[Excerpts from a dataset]
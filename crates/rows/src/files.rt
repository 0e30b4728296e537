// The files of a row, before its commands and after them.
use crate::row::Row;
use crate::text::text_of;
use crate::unlike::{Unlike, is_number, is_same, part_unlike};
use crate::value::{list, numbers};
use io_core::MemFiles;
use std::alloc::Global;
use std::collections::BTreeMap;
use toml::{Table, Value};

// Adds the calls that a list of pairs of numbers names.
fn add_calls(failing: &mut Vec<(u64, u64)>, calls: &[Value]) -> Result<(), Unlike> {
    for call in calls {
        match numbers(call) {
            Some(call) => failing.push(call)?,
            None => return Err(Unlike::Form),
        }
    }
    Ok(())
}

// What is said of the calls that fail, of the files or of an output.
fn said_of<'a>(row: &Row<'a>, what: &str) -> Result<Option<&'a Value>, Unlike> {
    match row.fails()? {
        Some(fails) => Ok(fails.get(what)),
        None => Ok(None),
    }
}

// Whether memory is what the calls want.
fn is_memory(said: &Value) -> bool {
    said.as_str() == Some("memory")
}

/// Whether the files, or an output, find no memory.
pub fn is_scant(row: &Row, what: &str) -> Result<bool, Unlike> {
    match said_of(row, what)? {
        Some(said) => Ok(is_memory(said)),
        None => Ok(false),
    }
}

// The list of calls that fail, of the files or of an output.
fn calls_of<'a>(row: &Row<'a>, what: &str) -> Result<&'a [Value], Unlike> {
    match said_of(row, what)? {
        Some(said) if !is_memory(said) => list(said).ok_or(Unlike::Form),
        _ => Ok(&[]),
    }
}

/// The calls that fail, each by its number, with how many bytes it moves all the same: under `files` calls of the
/// files, those of the steps counted, under `out` and `err` puts of the row's own command.
pub fn failing(alloc: Global, row: &Row, what: &str) -> Result<Vec<(u64, u64)>, Unlike> {
    let calls = calls_of(row, what)?;
    let mut failing = Vec::new(alloc);
    add_calls(&mut failing, calls)?;
    Ok(failing)
}

fn insert(
    files: &mut BTreeMap<String, Vec<u8>>,
    name: String,
    content: Vec<u8>,
) -> Result<(), Unlike> {
    files.insert(name, content)?;
    Ok(())
}

fn add_file(
    alloc: Global,
    files: &mut BTreeMap<String, Vec<u8>>,
    name: &str,
    text: &Value,
) -> Result<(), Unlike> {
    let content = text_of(alloc, text)?;
    let name = String::from_str(alloc, name)?;
    insert(files, name, content)
}

// Adds the file with the text of the row, if it has one.
fn add_text(alloc: Global, files: &mut BTreeMap<String, Vec<u8>>, row: &Row) -> Result<(), Unlike> {
    let name = row.string("file", "x")?;
    match row.said("text") {
        Some(text) => add_file(alloc, files, name, text),
        None => Ok(()),
    }
}

fn named(alloc: Global, row: &Row) -> Result<BTreeMap<String, Vec<u8>>, Unlike> {
    let mut files = BTreeMap::new(alloc);
    add_text(alloc, &mut files, row)?;
    Ok(files)
}

/// The file with the text of the row, if it has one.
pub fn files_before(alloc: Global, row: &Row) -> Result<MemFiles, Unlike> {
    let failing = failing(alloc, row, "files")?;
    let files = named(alloc, row)?;
    Ok(MemFiles::new(files, failing))
}

/// What a file holds that has to stand.
pub fn held<'a>(alloc: Global, files: &'a MemFiles, name: &str) -> Result<&'a [u8], Unlike> {
    match files.files().get(name) {
        Some(content) => Ok(content.as_slice()),
        None => Err(part_unlike(alloc, name, b"a file", b"no file")?),
    }
}

// The file holds this text.
fn is_text(alloc: Global, name: &str, text: &Value, content: &[u8]) -> Result<(), Unlike> {
    let wanted = text_of(alloc, text)?;
    is_same(alloc, name, &wanted, content)
}

fn is_one_of(names: &[Value], name: &str) -> bool {
    for one in names {
        if one.as_str() == Some(name) {
            return true;
        }
    }
    false
}

// The text that is said to be left of this file.
fn left_of<'a>(row: &Row<'a>, name: &str) -> Result<Option<&'a Value>, Unlike> {
    match row.left()? {
        Some(left) => Ok(left.get(name)),
        None => Ok(None),
    }
}

// A file that stands is one of those that the row says. The file of its text is as before where it says nothing else.
fn is_wanted(alloc: Global, row: &Row, name: &str, content: &[u8]) -> Result<(), Unlike> {
    if let Some(text) = left_of(row, name)? {
        return is_text(alloc, name, text, content);
    }
    if is_one_of(row.items("any")?, name) {
        return Ok(());
    }
    if name == row.string("file", "x")? {
        if let Some(text) = row.said("text") {
            return is_text(alloc, name, text, content);
        }
    }
    Err(part_unlike(alloc, name, b"no file", content)?)
}

fn are_wanted(alloc: Global, files: &MemFiles, row: &Row) -> Result<(), Unlike> {
    for (name, content) in files.files().iter() {
        is_wanted(alloc, row, name, content)?;
    }
    Ok(())
}

fn any_stand(alloc: Global, files: &MemFiles, row: &Row) -> Result<(), Unlike> {
    for name in row.items("any")? {
        match name.as_str() {
            Some(name) => held(alloc, files, name)?,
            None => return Err(Unlike::Form),
        };
    }
    Ok(())
}

fn left_stand(alloc: Global, files: &MemFiles, left: &Table) -> Result<(), Unlike> {
    for (name, _) in left.iter() {
        held(alloc, files, name)?;
    }
    Ok(())
}

// All files that the row says stand.
fn stand(alloc: Global, files: &MemFiles, row: &Row) -> Result<(), Unlike> {
    if row.said("text").is_some() {
        held(alloc, files, row.string("file", "x")?)?;
    }
    if let Some(left) = row.left()? {
        left_stand(alloc, files, left)?;
    }
    any_stand(alloc, files, row)
}

/// After the commands the files stand that the row says, with what they hold, and no other one; and as many calls have
/// failed.
pub fn are_left(alloc: Global, files: &MemFiles, row: &Row) -> Result<(), Unlike> {
    are_wanted(alloc, files, row)?;
    stand(alloc, files, row)?;
    let (wanted_reads, wanted_writes) = row.faults()?;
    let (reads, writes) = files.faults();
    is_number(alloc, "reads that failed", wanted_reads, reads)?;
    is_number(alloc, "writes that failed", wanted_writes, writes)
}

### [Task brief]
From the line containing "are_wanted(alloc, files, row)?;" down to the last line of the records above, print every line exactly, with both ends kept.

### [Result of the exercise]
    are_wanted(alloc, files, row)?;
    stand(alloc, files, row)?;
    let (wanted_reads, wanted_writes) = row.faults()?;
    let (reads, writes) = files.faults();
    is_number(alloc, "reads that failed", wanted_reads, reads)?;
    is_number(alloc, "writes that failed", wanted_writes, writes)
}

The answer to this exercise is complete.